Vulnerabilities in popular content management system (CMS) WordPress are growing at a staggering rate, almost tripling in 2018, according to new web application bug research released Wednesday.
Researchers at Imperva said that in 2018, they continued to see a trend of increasing web application glitches. The overall number of new vulnerabilities in web apps in 2018 (17,142) soared upwards by 21 percent compared to 2017 (14,082).
Worse, according to Imperva’s data more than half of these web app vulnerabilities have a public exploit available to hackers, and a third of web application vulnerabilities don’t even have any available solution, including a workaround or patch.
The most common of these vulnerabilities are related to injection, such as SQL injection, command injection and object injection. In fact, injection flaws took up 19 percent of the total web app vulnerabilities in 2018. That comes as bad actors looked to new stealthy code-injection techniques in 2018 to embed malware variants such as Trickbot and TurnedUp inside infected systems.
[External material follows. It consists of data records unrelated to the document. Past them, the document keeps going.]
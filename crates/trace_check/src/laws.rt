// Laws of legal traces: each is the contract of a function that does nothing.

ghost use Rattle.trace_check.specs.KeptHistories.{KeptHistoriesAreReadBack};
ghost use Rattle.trace_check.specs.Laws.{MigratedTracesAreLegal, TextsTellHistories, TracesTellHistories};

use motion_kernel::{machines_stay_kept, rows_are_counted};
use trace_text::traces_are_read_back;

/// A trace is that of at most one legal history, offsets too. So two legal histories of one
/// configuration that a version can hold have different texts of that version. Nothing runs.
pub fn traces_tell_their_history()
    ensures traces { TracesTellHistories }
    ensures texts { TextsTellHistories }
{
    traces_are_read_back();
}

/// The text of the history of a legal trace that was read, in version 2, or in version 3 where the
/// trace is of version 3 or the machine has a kind of block that only version 3 has, is read as a
/// legal trace: of the same machine, the same history and the same drives. Nothing runs.
pub fn migrated_traces_are_legal()
    ensures { MigratedTracesAreLegal }
{
    traces_are_read_back();
    rows_are_counted();
}

/// The trace of a history that a kernel keeps, and of what the drives took, is read as that of its
/// machine, this history and these drives, in each version that can hold the machine. Nothing runs.
pub fn kept_histories_are_read_back()
    ensures { KeptHistoriesAreReadBack }
{
    traces_are_read_back();
    rows_are_counted();
    machines_stay_kept();
}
Cross-site scripting bugs also continued to grow and appears to be the second most common vulnerability, at 14 percent – doubling since 2017.
WordPress vulnerabilities tripled since last year, and they continue to dominate in terms of the number of vulnerabilities published in the CMS category.
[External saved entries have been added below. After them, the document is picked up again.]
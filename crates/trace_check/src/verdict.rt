// The verdict on a trace.

ghost use Rattle.std.specs.Prelude.{◌≡◌, ◌↔◌, [], IfOk, length};
ghost use Rattle.trace_text.specs.Held.{IsHeldOf};
ghost use Rattle.trace_text.specs.TraceState.{TraceState, entries_of};
ghost use Rattle.trace_check.specs.Legal.{IsLegalTrace, IsLegalTraceFrom};
ghost use Rattle.trace_check.specs.Verdicts as spec;

use crate::difference::Difference;
use crate::record::Record;
use crate::replaying::{Replayed, open_kernel, replay_from};
use motion_history::OutOfMemory;
use motion_kernel::SegmentedKernel;
use std::alloc::Global;
use trace_text::Trace;

/// The verdict on a trace.
#[derive(Drop)]
pub enum Verdict {
    /// It is legal, and has this many entries.
    Legal {
        entries: u64,
    },
    /// The record of this number, the header being 1, is the first that is not the one expected.
    IllegalAt {
        place: u64,
        expected: Record,
        found: Record,
    },
}

/// Verifies a trace from where a kernel of its configuration begins: legal exactly where it is that
/// of a history that is legal from there on, each drive having taken a setpoint in every cycle;
/// else the first record that differs.
pub fn check_from(
    alloc: Global,
    trace: &Trace,
    kernel: SegmentedKernel,
) -> Result<Verdict, OutOfMemory>
    requires config { kernel.config ≡ trace.now.config }
    requires empty { kernel.history ≡ [] }
    ensures verdict { IfOk result (λ v. v ≡ spec.verdict_from kernel.start trace.now) }
    ensures legal { IfOk result (λ v.
        (v ≡ Verdict.Legal (length (entries_of trace.now))) ↔
        IsLegalTraceFrom kernel.start trace.now) }
    ensures held { (whole : TraceState) → IsHeldOf whole trace.now →
        IfOk result (spec.IsVerdictFrom kernel.start whole) }
{
    match replay_from(alloc, trace, kernel)? {
        Replayed::Legal(_) => Ok(Verdict::Legal {
            entries: trace.entries(),
        }),
        Replayed::IllegalAt(
            Difference {
                place,
                expected,
                found,
            },
        ) => Ok(Verdict::IllegalAt {
            place,
            expected,
            found,
        }),
    }
}

/// Verifies a trace: legal exactly where it is that of a legal history of its machine, each drive
/// having taken a setpoint in every cycle; else the first record that differs. What lies after the
/// first entry for which there is no room changes no verdict, and needn't be held.
pub fn check(alloc: Global, trace: &Trace) -> Result<Verdict, OutOfMemory>
    ensures verdict { IfOk result (λ v. v ≡ spec.verdict_of trace.now) }
    ensures legal { IfOk result (λ v.
        (v ≡ Verdict.Legal (length (entries_of trace.now))) ↔ IsLegalTrace trace.now) }
    ensures held { (whole : TraceState) → IsHeldOf whole trace.now →
        IfOk result (spec.IsVerdictOn whole) }
{
    let kernel = open_kernel(alloc, trace)?;
    check_from(alloc, trace, kernel)
}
While it may come as no surprise that WordPress is a target for hackers due to its popularity – the CMS is used by 59 percent of all websites using a known content management system – what’s interesting is that the increase in security issues comes despite a slowed growth of 3 percent in new plugins on the suite in 2018.
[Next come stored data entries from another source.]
// Entries that are compared with those found, value by value.

ghost use Rattle.std.specs.Prelude.{◌≡◌, ◌↔◌, ◌<◌, ◌≤◌, ℕ, IfNone, IfSome, IsTrue, Some, true, length, slice_get, take};
ghost use Rattle.motion_history.specs.Entries.{call, cycle_count, end_of};
ghost use Rattle.motion_history.specs.Looks.{told};
ghost use Rattle.trace_text.specs.RowRanges.{found_place, found_row};
ghost use Rattle.trace_text.specs.Trace.{entry_records};
ghost use Rattle.trace_text.specs.TraceState.{entry_of, place_at};
ghost use Rattle.trace_text.specs.Writable.{found_entry};
ghost use Rattle.trace_text.specs.declared.found.FoundEntry.{FoundEntry};
ghost use Rattle.trace_check.specs.FoundRecords.{found_entry_records};
ghost use Rattle.trace_check.specs.Rows.{IsFoundAs, IsFoundAt};
ghost use Rattle.trace_text.specs.TraceKept.{IsTraceKept};

use motion_history::{EntryLook, TraceVersion};
use plc_types::{AxisDef, AxisRow, GroupRow, Inputs, Outputs};
use trace_text::{Trace, are_same_inputs, reported_place};

// Whether the place that a drive reports in a row is the one found; version 1 has none.
fn is_reported(version: TraceVersion, axis: &AxisDef, row: &AxisRow, place: Option<i64>) -> bool
    ensures { IsTrue result ↔ (found_place version axis.now row.now ≡ place) }
{
    match (version, place) {
        (TraceVersion::One, None) => true,
        (TraceVersion::Two | TraceVersion::Three, Some(place)) => reported_place(axis, row)
            == i128::from(place),
        _ => false,
    }
}

// A row without its offset.
fn without_offset(row: &AxisRow) -> AxisRow
    ensures { result ≡ found_row row.now }
{
    AxisRow { offset: 0, ..*row }
}

// Whether a row is another.
fn is_same_row(row: &AxisRow, other: &AxisRow) -> bool
    ensures { IsTrue result ↔ (row.now ≡ other.now) }
{
    *row == *other
}

// Whether a reply is another.
fn is_same_reply(reply: &Outputs, other: &Outputs) -> bool
    ensures { IsTrue result ↔ (reply.now ≡ other.now) }
{
    *reply == *other
}

// Whether a row is found so, without its offset, and with this place, except in version 1.
fn is_found_as(
    version: TraceVersion,
    axis: &AxisDef,
    row: &AxisRow,
    found: &AxisRow,
    place: Option<i64>,
) -> bool
    ensures { IsTrue result ↔ IsFoundAs version axis.now row.now found.now place }
{
    is_same_row(&without_offset(row), found) && is_reported(version, axis, row, place)
}

// The first row that isn't found so.
fn wrong_row(trace: &Trace, entry: u64, expected: &[AxisRow], found: &[AxisRow]) -> Option<usize>
    requires each { length found.now ≡ length trace.now.config.axes }
    requires few { length found.now ≤ 16 }
    ensures same { IfNone result (length expected.now ≡ length found.now) }
    ensures all { IfNone result ((n : ℕ) → IsFoundAt trace.now.version trace.now.config.axes
        expected.now found.now (place_at trace.now entry) n) }
    ensures before { IfSome result (λ k. (n : ℕ) → n < k →
        IsFoundAt trace.now.version trace.now.config.axes expected.now found.now
        (place_at trace.now entry) n) }
    ensures within { IfSome result (λ k. k ≤ length found.now) }
    ensures many { IfSome result (λ k. 0 < k → length expected.now ≡ length found.now) }
    ensures wrong { IfSome result (λ k. length expected.now ≡ length found.now →
        IsFoundAt trace.now.version trace.now.config.axes expected.now found.now
        (place_at trace.now entry) k → ⊥) }
{
    if expected.len() != found.len() {
        return Some(0);
    }
    let axes = trace.config().axes();
    for i in 0..found.len() {
        let place = trace.actual_of(entry, i as u8);
        if !is_found_as(trace.version(), &axes[i], &expected[i], &found[i], place) {
            return Some(i);
        }
    }
    None
}

// The first row of a group that isn't found so.
fn wrong_group_row(expected: &[GroupRow], found: &[GroupRow]) -> Option<usize>
    ensures same { IfNone result (expected.now ≡ found.now) }
    ensures before { IfSome result (λ k. take k expected.now ≡ take k found.now) }
    ensures within { IfSome result (λ k. k ≤ length found.now) }
    ensures wrong { IfSome result (λ k. length expected.now ≡ length found.now →
        slice_get expected.now k ≡ slice_get found.now k → ⊥) }
{
    if expected.len() != found.len() {
        return Some(0);
    }
    for i in 0..found.len() {
        if expected[i] != found[i] {
            return Some(i);
        }
    }
    None
}

// The first record of a cycle, counted from 0, that isn't found so; of another entry the first.
fn wrong_in_cycle(
    trace: &Trace,
    entry: u64,
    expected: &EntryLook<'_>,
    found: &EntryLook<'_>,
) -> Option<usize>
    requires kept { IsTraceKept trace.now }
    ensures same { IfNone result ((e : FoundEntry) → slice_get trace.now.found entry ≡ Some e →
        told found.now ≡ entry_of e →
        e ≡ found_entry trace.now.version trace.now.config (told expected.now)) }
    ensures before { IfSome result (λ k. (e : FoundEntry) → slice_get trace.now.found entry ≡
        Some e → told found.now ≡ entry_of e →
        take k (entry_records trace.now.version trace.now.config (told expected.now)) ≡
        take k (found_entry_records trace.now.version trace.now.config e)) }
    ensures few { IfSome result (λ k. k < 256) }
{
    let EntryLook::Cycle {
        number,
        axes,
        groups,
    } = expected
    else {
        return Some(0);
    };
    let EntryLook::Cycle {
        number: found_number,
        axes: rows,
        groups: grows,
    } = found
    else {
        return Some(0);
    };
    let many = rows.len();
    if many != trace.config().axes().len() || grows.len() != trace.config().groups().len() {
        return Some(0);
    }
    if number != found_number {
        return Some(0);
    }
    match wrong_row(trace, entry, axes, rows) {
        Some(row) => return Some(1 + row),
        None => {}
    }
    match wrong_group_row(groups, grows) {
        Some(grow) => Some(1 + many + grow),
        None => None,
    }
}

// Whether an entry is this call with this reply.
fn is_call(found: &EntryLook<'_>, instance: u16, inputs: &Inputs, reply: &Outputs) -> bool
    ensures { IsTrue result ↔ (told found.now ≡ call instance inputs.now reply.now) }
{
    match found {
        EntryLook::Call {
            instance: found,
            inputs: given,
            reply: replied,
        } => {
            *found == instance && are_same_inputs(given, inputs) && is_same_reply(replied, reply)
        }
        _ => false,
    }
}

// Whether an entry is the end of this task.
fn is_end(found: &EntryLook<'_>, task: u8) -> bool
    ensures { IsTrue result ↔ (told found.now ≡ end_of task) }
{
    match found {
        EntryLook::End { task: found } => *found == task,
        _ => false,
    }
}

// Whether a call or the end of a task is found so.
fn is_event_found(expected: &EntryLook<'_>, found: &EntryLook<'_>) -> bool
    ensures same { IsTrue result → told found.now ≡ told expected.now }
    ensures event { IsTrue result → cycle_count (told expected.now) ≡ 0 }
{
    match expected {
        EntryLook::Call {
            instance,
            inputs,
            reply,
        } => is_call(found, *instance, inputs, reply),
        EntryLook::Cycle { .. } => false,
        EntryLook::End { task } => is_end(found, *task),
    }
}

/// The first record of an entry, counted from 0, that isn't found so.
pub fn wrong_record(
    trace: &Trace,
    entry: u64,
    expected: &EntryLook<'_>,
    found: &EntryLook<'_>,
) -> Option<usize>
    requires kept { IsTraceKept trace.now }
    ensures same { IfNone result ((e : FoundEntry) → slice_get trace.now.found entry ≡ Some e →
        told found.now ≡ entry_of e →
        e ≡ found_entry trace.now.version trace.now.config (told expected.now)) }
    ensures before { IfSome result (λ k. (e : FoundEntry) → slice_get trace.now.found entry ≡
        Some e → told found.now ≡ entry_of e →
        take k (entry_records trace.now.version trace.now.config (told expected.now)) ≡
        take k (found_entry_records trace.now.version trace.now.config e)) }
    ensures few { IfSome result (λ k. k < 256) }
{
    if is_event_found(expected, found) {
        return None;
    }
    wrong_in_cycle(trace, entry, expected, found)
}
Almost all (98 percent) of WordPress vulnerabilities are related to plugins that extend the functionality and features of a website or a blog. The top 10 vulnerable plugins include Event Calendar, Ultimate Member, Coming Soon Page, Ninja Forms and Duplicator Pro.
“Anyone can create a plugin and publish it — WordPress is open source, easy to manage, and there is no enforcement or any proper process that mandates minimum security standards (e.g. code analysis),” researchers said. “Hence, WordPress plugins are prone to vulnerabilities.”Wordpress patched an array of these vulnerabilities in 2018: Including a critical privilege-escalation vulnerability that could allow an attacker to inject malware, place ads and load custom code on an impacted website; and two bugs rated “medium” in its tooltips plugin.
In December, it was discovered that WordPress sites are being targeted in a series of attacks tied to a 20,000 bot-strong army of infected WordPress websites.
Also in December, WordPress 5.0 users were urged to update their CMS software to fix a number of serious bugs – less than a week after the version was released.
While WordPress leads the pack in sheer attack numbers, Drupal bugs also had a large impact and were used in mass attacks that targeted hundreds of thousands of sites during 2018. Most notably last year an infamous highly-critical Drupal bug dubbed Drupalgeddon 2.0 impacted an estimated 1+ million sites running the CMS (despite a patch being released).
Automattic, the owner of WordPress, did not immediately respond to a request for comment from Threatpost.
It’s not all bad news on the vulnerability front: The number of Internet of Things (IoT) flaws declined in 2018, as well as the number of vulnerabilities related to weak authentication. Also declining were the number of PHP vulnerabilities; and meanwhile, the growth of API vulnerabilities slightly declined.
“Despite the common belief that all our electronic devices can be easily compromised, it appears that something has changed in this area,” Imperva researchers said. “Possible explanations include: IoT vendors have finally started to implement better security in IoT devices, or hackers and researchers found another area to focus on in 2018.”